Optionally, the information to be recommended includes multimedia information, and the at least two evaluation indexes include information reading duration and information click rate.
Optionally, the usage behavior information of one sample object corresponding to the second application includes at least one of:
an access frequency of the sample object to access the second application;
a recommended amount of information to recommend to the sample object by the second application;
the recommended information reading amount of the sample object in the second application;
a length of time the sample object is used for the second application;
the sample object is directed to the interaction behavior information of the recommendation information in the second application.
The apparatus of the embodiment of the present application may execute the method provided by the embodiment of the present application, and the implementation principle is similar, the actions executed by the modules in the apparatus of the embodiments of the present application correspond to the steps in the method of the embodiments of the present application, and for the detailed functional description of the modules of the apparatus, reference may be specifically made to the description in the corresponding method shown in the foregoing, and details are not repeated here.
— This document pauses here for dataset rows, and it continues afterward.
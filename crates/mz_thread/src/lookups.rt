//! What an instruction looks up: a function, a place among the words, the target of a tag, and the result of an operator.
ghost use Rattle.std.specs.Prelude.{◌≡◌, ◌+◌, ◌≤◌, ◌<◌, MatchOption};
ghost use Rattle.mz_tree.specs.Arithmetic.{computed};
ghost use Rattle.mz_words.specs.Steps.{callee_of, case_at};

use mz_tree::Arith;
use mz_words::{Code, Options, Start};
use sqlite_items::at;

/// The function of this number, where it has so many parameters.
pub(crate) fn callee(code: &Code, number: u64, params: usize) -> Option<Start>
    ensures { result ≡ callee_of code.now number params }
{
    match code.entries.get(number as usize) {
        Some(start) => {
            if start.params as usize == params {
                Some(*start)
            } else {
                None
            }
        }
        None => None,
    }
}

/// The place that lies so far behind this one, where it is among the words.
pub(crate) fn place_at(options: &Options, base: u64, offset: u64) -> Option<u32>
    ensures { MatchOption result (options.now.heap ≤ base + offset) (λ p. (p ≡ base + offset) × (p < options.now.heap)) }
{
    let heap = options.heap as u64;
    if base < heap && offset < heap - base {
        Some((base + offset) as u32)
    } else {
        None
    }
}

/// The target of the first constructor that has this tag.
pub(crate) fn find_case(cons: &[u32], targets: &[u32], tag: u64) -> Option<u32>
    ensures { result ≡ case_at cons.now targets.now tag }
{
    for i in 0..cons.len() {
        match at(targets, i) {
            Some(target) => {
                if cons[i] as u64 + 1 == tag {
                    return Some(*target);
                }
            }
            None => return None,
        }
    }
    None
}

/// What the operator makes of two numbers, or none where it stops the thread.
pub(crate) fn result_of(operator: Arith, left: u64, right: u64) -> Option<u64>
    ensures { result ≡ computed operator left right }
{
    match operator {
        Arith::Add => left.checked_add(right),
        Arith::Sub => left.checked_sub(right),
        Arith::Mul => left.checked_mul(right),
        Arith::Div => left.checked_div(right),
        Arith::Rem => left.checked_rem(right),
        Arith::Eq => Some((left == right) as u64),
        Arith::Ne => Some((left != right) as u64),
        Arith::Lt => Some((left < right) as u64),
        Arith::Le => Some((left <= right) as u64),
        Arith::Gt => Some((left > right) as u64),
        Arith::Ge => Some((left >= right) as u64),
    }
}
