//! Events up to the end of a turn.
ghost use Rattle.std.specs.Prelude.{◌≡◌, length, false};
ghost use Rattle.mz_words.specs.Steps.{ask};
ghost use Rattle.mz_words.specs.Turns.{Leads};
ghost use Rattle.mz_words.specs.Replays.{Follows};
ghost use Rattle.mz_words.specs.declared.asks.Ask.TheVariants.{Nothing};
ghost use Rattle.mz_thread.specs.Keeping.{Held, MayTurn};
ghost use Rattle.mz_thread.specs.Inside.{Inside};
ghost use Rattle.mz_thread.specs.Noted.{IsNoted};

use crate::events::goes_on;
use crate::machine::Machine;
use mz_words::{Ask, Code, Options, Words};

/// Makes events until one of them ends the turn, or the thread asks nothing. Whether one did.
#[tactic(auto, using(crate::proofs::Steps::number))]
pub(crate) fn run<W: Words>(
    machine: &mut Machine,
    code: &Code,
    words: &mut W,
    options: &Options,
    actor: u32,
) -> bool
    requires turns { MayTurn code.now options.now actor (W.sees words.old).size }
    requires own { actor ≡ (W.sees words.old).actor }
    requires follows { Follows code.now options.now actor (W.sees words.old).part machine.old }
    requires held { Held machine.old (W.sees words.old).lost (W.sees words.old).spare }
    requires noted { IsNoted code.now machine.old (W.sees words.old).note (length (W.sees words.old).part) }
    ensures follows { Follows code.now options.now actor (W.sees words.new).part machine.new }
    ensures leads { Leads code.now options.now actor machine.old.units (W.sees words.old) machine.old (W.sees words.new) machine.new result }
    ensures wild { result ≡ false → ask code.now options.now actor machine.new ≡ Nothing }
    ensures held { Held machine.new (W.sees words.new).lost (W.sees words.new).spare }
    ensures noted { IsNoted code.now machine.new (W.sees words.new).note (length (W.sees words.new).part) }
    ensures inside { Inside options.now machine.new }
    ensures actor { (W.sees words.new).actor ≡ (W.sees words.old).actor }
    ensures size { (W.sees words.new).size ≡ (W.sees words.old).size }
    ensures rest { W.rest words.new ≡ W.rest words.old }
{
    let from = machine.units();
    'events: loop {
        let asked = machine.ask(code, options, actor);
        if let Ask::Nothing = asked {
            return false;
        }
        if goes_on(machine, code, words, options, actor, from, asked) {
            return true;
        }
    }
}
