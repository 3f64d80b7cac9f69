//! One event of a thread on words.
ghost use Rattle.std.specs.Prelude.{◌≡◌, ◌≢◌, ◌≤◌, ◌<◌, ℕ, List, length, Option, false};
ghost use Rattle.mz_words.specs.Standing.{Standing};
ghost use Rattle.mz_words.specs.Steps.{ask, take_step};
ghost use Rattle.mz_words.specs.Answers.{May, move_of};
ghost use Rattle.mz_words.specs.Replays.{Follows};
ghost use Rattle.mz_words.specs.Views.{WordsView};
ghost use Rattle.mz_words.specs.Turns.{Leads, IsPlaced, IsTold, pauses};
ghost use Rattle.mz_words.specs.declared.asks.Ask.TheVariants.{Nothing};
ghost use Rattle.mz_words.specs.Turns.{answered};
ghost use Rattle.mz_thread.specs.Answered.{LeavesRoom};
ghost use Rattle.mz_thread.specs.Stages.{Small, IsThreadNumber};
ghost use Rattle.mz_thread.specs.Keeping.{Held, MayTurn};
ghost use Rattle.mz_thread.specs.Noted.{IsNoted};
ghost use Rattle.mz_thread.specs.Inside.{Inside};
ghost use Rattle.mz_thread.specs.Measure.{turn_left};

use crate::answering::make_step;
use crate::machine::Machine;
use mz_words::{Answer, Ask, Code, Options, Stage, Words};

// an event: what the thread asks is answered, and the answer is taken
#[tactic(auto, using(crate::proofs::Quiet::frame_ask))]
fn event<W: Words>(
    machine: &mut Machine,
    code: &Code,
    words: &mut W,
    options: &Options,
    actor: u32,
    asked: Ask,
) -> Answer
    requires asked { asked ≡ ask code.now options.now actor machine.old }
    requires placed { IsPlaced (move_of asked) options.now.heap }
    requires small { Small machine.old }
    requires number { IsThreadNumber machine.old.stage }
    requires alive { ask code.now options.now actor machine.old ≢ Nothing }
    requires actor { actor < 64 }
    requires size { (W.sees words.old).size ≡ options.now.heap }
    requires heap { 197 ≤ options.now.heap }
    requires spare { 0 < (W.sees words.old).spare }
    requires lost { (W.sees words.old).lost < 18446744073709551615 }
    ensures moved { machine.new ≡ take_step code.now options.now actor machine.old result }
    ensures may { May (ask code.now options.now actor machine.old) result }
    ensures answered { W.sees words.new ≡ record (answered (ask code.now options.now actor machine.old) result (W.sees words.old)) { spare = (W.sees words.new).spare } }
    ensures told { IsTold (ask code.now options.now actor machine.old) result (W.sees words.old).told }
    ensures rest { W.rest words.new ≡ W.rest words.old }
    ensures spare { LeavesRoom (ask code.now options.now actor machine.old) result (W.sees words.old).spare (W.sees words.new).spare }
{
    if let Ask::Frames(_) = asked {
        return machine.make_frame(code, options, actor);
    }
    let answer = make_step(words, asked);
    machine.take(code, options, actor, answer);
    answer
}

impl Machine {
    // whether a turn that began with `from` units ends here
    #[tactic(auto, unfolding(mz_words::specs::Turns::pauses))]
    fn pauses(&self, options: &Options, from: u64, answer: Answer) -> bool
        ensures { result ≡ pauses options.now from answer self.now }
    {
        match self.stage {
            Stage::Border => match answer {
                Answer::Missed => true,
                _ => from <= self.units && options.quantum as u64 <= self.units - from,
            },
            Stage::Idle => true,
            Stage::Over(_) => true,
            _ => false,
        }
    }
}

/// Makes an event within a turn that began with `from` units: whether it ended the turn. Where it didn't, the end is nearer.
pub(crate) fn goes_on<W: Words>(
    machine: &mut Machine,
    code: &Code,
    words: &mut W,
    options: &Options,
    actor: u32,
    from: u64,
    asked: Ask,
) -> bool
    requires turns { MayTurn code.now options.now actor (W.sees words.old).size }
    requires asked { asked ≡ ask code.now options.now actor machine.old }
    requires placed { IsPlaced (move_of asked) options.now.heap }
    requires own { actor ≡ (W.sees words.old).actor }
    requires follows { Follows code.now options.now actor (W.sees words.old).part machine.old }
    requires inside { Inside options.now machine.old }
    requires held { Held machine.old (W.sees words.old).lost (W.sees words.old).spare }
    requires noted { IsNoted code.now machine.old (W.sees words.old).note (length (W.sees words.old).part) }
    requires alive { ask code.now options.now actor machine.old ≢ Nothing }
    ensures inside { Inside options.now machine.new }
    ensures held { Held machine.new (W.sees words.new).lost (W.sees words.new).spare }
    ensures noted { IsNoted code.now machine.new (W.sees words.new).note (length (W.sees words.new).part) }
    ensures follows { Follows code.now options.now actor (W.sees words.new).part machine.new }
    ensures leads { (first : WordsView) (t : Standing) → Leads code.now options.now actor from first t (W.sees words.old) machine.old false → Leads code.now options.now actor from first t (W.sees words.new) machine.new result }
    ensures actor { (W.sees words.new).actor ≡ (W.sees words.old).actor }
    ensures size { (W.sees words.new).size ≡ (W.sees words.old).size }
    ensures rest { W.rest words.new ≡ W.rest words.old }
    ensures fewer { result ≡ false → turn_left (length code.now.instrs) options.now machine.new < turn_left (length code.now.instrs) options.now machine.old }
{
    let answer = event(machine, code, words, options, actor, asked);
    machine.pauses(options, from, answer)
}
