//! Frames that are made: the only acts of a thread that take memory of its own.
ghost use Rattle.std.specs.Prelude.{◌≡◌, ◌+◌, ◌-◌, ◌≤◌, ◌<◌, ◌++◌, ℕ, map, length, slice_get, Some, IfOk, OnOk, OnErr, false, [], ◌∷◌, if◌then◌else◌, ◌==◌};
ghost use Rattle.mz_words.specs.Steps.{is_full, reg, registers_of, zeros, frame_of, calls, enters, ask_act, ask_at, take_at, take_frame, take_step, ask, take_instr, callee_of, first_params};
ghost use Rattle.mz_words.specs.Answers.{May};
ghost use Rattle.mz_words.specs.declared.asks.Ask.TheVariants.{Frames};
ghost use Rattle.mz_words.specs.declared.stages.Stage.TheVariants.{Ready};
ghost use Rattle.mz_thread.specs.Stages.{Small, IsFrame, IsCall, framed, WantsFrame};

use crate::lookups::callee;
use crate::machine::Machine;
use mz_tree::Names;
use mz_words::{Act, Answer, Code, End, Instr, Options, Stage, Start, Waiting};
use sqlite_items::Items;
use std::alloc::AllocError;
use std::mem;

// so many zeros at the end
#[tactic(auto, using(crate::proofs::Frames::zeros_next, crate::proofs::Frames::zeros_end))]
fn add_zeros(regs: &mut Vec<u64>, count: usize) -> Result<(), AllocError>
    ensures { OnOk result (regs.new.items ≡ regs.old.items ++ zeros count) }
{
    for i in 0..count {
        regs.push(0)?;
    }
    Ok(())
}

impl Machine {
    // the values of these registers at the end
    #[tactic(auto, using(crate::proofs::Frames::args_next, crate::proofs::Frames::args_end))]
    fn add_args(&self, regs: &mut Vec<u64>, args: &[u32]) -> Result<(), AllocError>
        ensures { OnOk result (regs.new.items ≡ regs.old.items ++ map (reg self.now) args.now) }
    {
        for i in 0..args.len() {
            regs.push(self.reg(args[i]))?;
        }
        Ok(())
    }

    // the registers of a new frame: the arguments, then zeros
    fn frame(&self, args: &Names, start: Start) -> Result<Items<u64>, AllocError>
        ensures { IfOk result (λ r. r ≡ frame_of (map (reg self.now) args.now) start) }
    {
        let registers = start.registers as usize;
        let mut regs = Vec::with_capacity(self.alloc, registers)?;
        self.add_args(&mut regs, args.as_slice())?;
        let blank = if args.len() <= registers {
            registers - args.len()
        } else {
            0
        };
        add_zeros(&mut regs, blank)?;
        Ok(Items::from_vec(regs))
    }

    // the frame that runs waits, and that of the callee begins. Nothing has changed where memory is wanting
    fn push_call(&mut self, to: u32, args: &Names, start: Start) -> Result<(), AllocError>
        requires at { self.old.at < 18446744073709551615 }
        requires units { self.old.units < 18446744073709551615 }
        requires room { registers_of self.old.below + length self.old.regs < 18446744073709551615 }
        ensures ok { OnOk result (self.new ≡ calls to args.now (Some start) self.old) }
        ensures err { OnErr result (self.new ≡ self.old) }
    {
        let regs = self.frame(args, start)?;
        self.below.reserve(1)?;
        let waiting_regs = mem::replace(&mut self.regs, regs);
        self.deep += waiting_regs.len() as u64;
        self.below.push_reserved(Waiting {
            at: self.at + 1,
            regs: waiting_regs,
            to,
        });
        self.at = start.first as usize;
        self.units += 1;
        self.stage = Stage::Border;
        Ok(())
    }

    // the first frame of the thread of this number
    fn enter(&mut self, actor: u32, arg: u64, start: Start) -> Result<(), AllocError>
        ensures ok { OnOk result (self.new ≡ enters actor arg (Some start) self.old) }
        ensures err { OnErr result (self.new ≡ self.old) }
    {
        let registers = start.registers as usize;
        let mut regs = Vec::with_capacity(self.alloc, registers)?;
        if actor == 0 {
            add_zeros(&mut regs, registers)?;
        } else {
            regs.push(arg)?;
            let blank = if 1 <= registers { registers - 1 } else { 0 };
            add_zeros(&mut regs, blank)?;
        }
        self.regs = Items::from_vec(regs);
        self.at = start.first as usize;
        self.below.clear();
        self.deep = 0;
        self.stage = Stage::Border;
        Ok(())
    }

    // a call, or the end for want of memory
    fn call_or_refuse(&mut self, to: u32, args: &Names, start: Start) -> Answer
        requires at { self.old.at < 18446744073709551615 }
        requires units { self.old.units < 18446744073709551615 }
        requires room { is_full self.old start ≡ false }
        ensures moved { self.new ≡ framed result (calls to args.now (Some start) self.old) self.old }
        ensures may { May (Frames start.registers) result }
    {
        match self.push_call(to, args, start) {
            Ok(()) => Answer::Quiet,
            Err(_) => {
                self.stage = Stage::Closing(End::Memory);
                Answer::Refused
            }
        }
    }

    // a start, or the end for want of memory
    fn enter_or_refuse(&mut self, actor: u32, arg: u64, start: Start) -> Answer
        ensures moved { self.new ≡ framed result (enters actor arg (Some start) self.old) self.old }
        ensures may { May (Frames start.registers) result }
    {
        match self.enter(actor, arg, start) {
            Ok(()) => Answer::Quiet,
            Err(_) => {
                self.stage = Stage::Closing(End::Memory);
                Answer::Refused
            }
        }
    }

    // the frame of a call
    #[tactic(auto, using(crate::proofs::Quiet::call_room))]
    fn call_frame(&mut self, code: &Code, options: &Options, act: &Act) -> Answer
        requires at { self.old.at < 18446744073709551615 }
        requires units { self.old.units < 18446744073709551615 }
        requires frame { IsFrame (ask_act code.now options.now self.old act.now) }
        ensures moved { self.new ≡ framed result (take_frame code.now self.old act.now) self.old }
        ensures may { May (Frames 0) result }
    {
        match act {
            Act::Call {
                to,
                callee: function,
                args,
            } => match callee(code, self.reg(*function), args.as_slice().len()) {
                Some(start) => self.call_or_refuse(*to, args, start),
                None => Answer::Quiet,
            },
            _ => Answer::Quiet,
        }
    }

    // the frame that is asked for at this stage
    #[tactic(auto, using(crate::proofs::Quiet::entering_moved, crate::proofs::Quiet::call_moved))]
    fn staged_frame(&mut self, code: &Code, options: &Options, actor: u32) -> Answer
        requires small { Small self.old }
        requires stage { WantsFrame self.old.stage }
        requires frame { IsFrame (ask_at code.now options.now actor self.old self.old.stage (slice_get code.now.instrs self.old.at)) }
        ensures moved { self.new ≡ take_at code.now options.now actor self.old self.old.stage (slice_get code.now.instrs self.old.at) result }
        ensures may { May (Frames 0) result }
    {
        match self.stage {
            Stage::Entering(function, arg) => {
                let params = if actor == 0 { 0 } else { 1 };
                match callee(code, function, params) {
                    Some(start) => self.enter_or_refuse(actor, arg, start),
                    None => Answer::Quiet,
                }
            }
            Stage::Ready => match self.instr(code) {
                Some(instr) => self.call_frame(code, options, &instr.act),
                None => Answer::Quiet,
            },
            _ => Answer::Quiet,
        }
    }

    /// Makes the frame that is asked for and takes the answer, which it tells.
    #[tactic(auto, using(crate::proofs::Quiet::frame_stage, crate::proofs::Quiet::frame_may), unfolding(mz_words::specs::Steps::take_step, mz_words::specs::Steps::ask))]
    pub fn make_frame(&mut self, code: &Code, options: &Options, actor: u32) -> Answer
        requires small { Small self.old }
        requires frame { IsFrame (ask code.now options.now actor self.old) }
        ensures moved { self.new ≡ take_step code.now options.now actor self.old result }
        ensures may { May (ask code.now options.now actor self.old) result }
    {
        self.staged_frame(code, options, actor)
    }
}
Based on the same principle as the information recommendation method and apparatus provided in the embodiments of the present application, an embodiment of the present application further provides an electronic device (e.g., a server), where the electronic device may include a memory, a processor, and a computer program stored in the memory, and the processor executes the computer program to implement the steps of the method provided in any optional embodiment of the present application.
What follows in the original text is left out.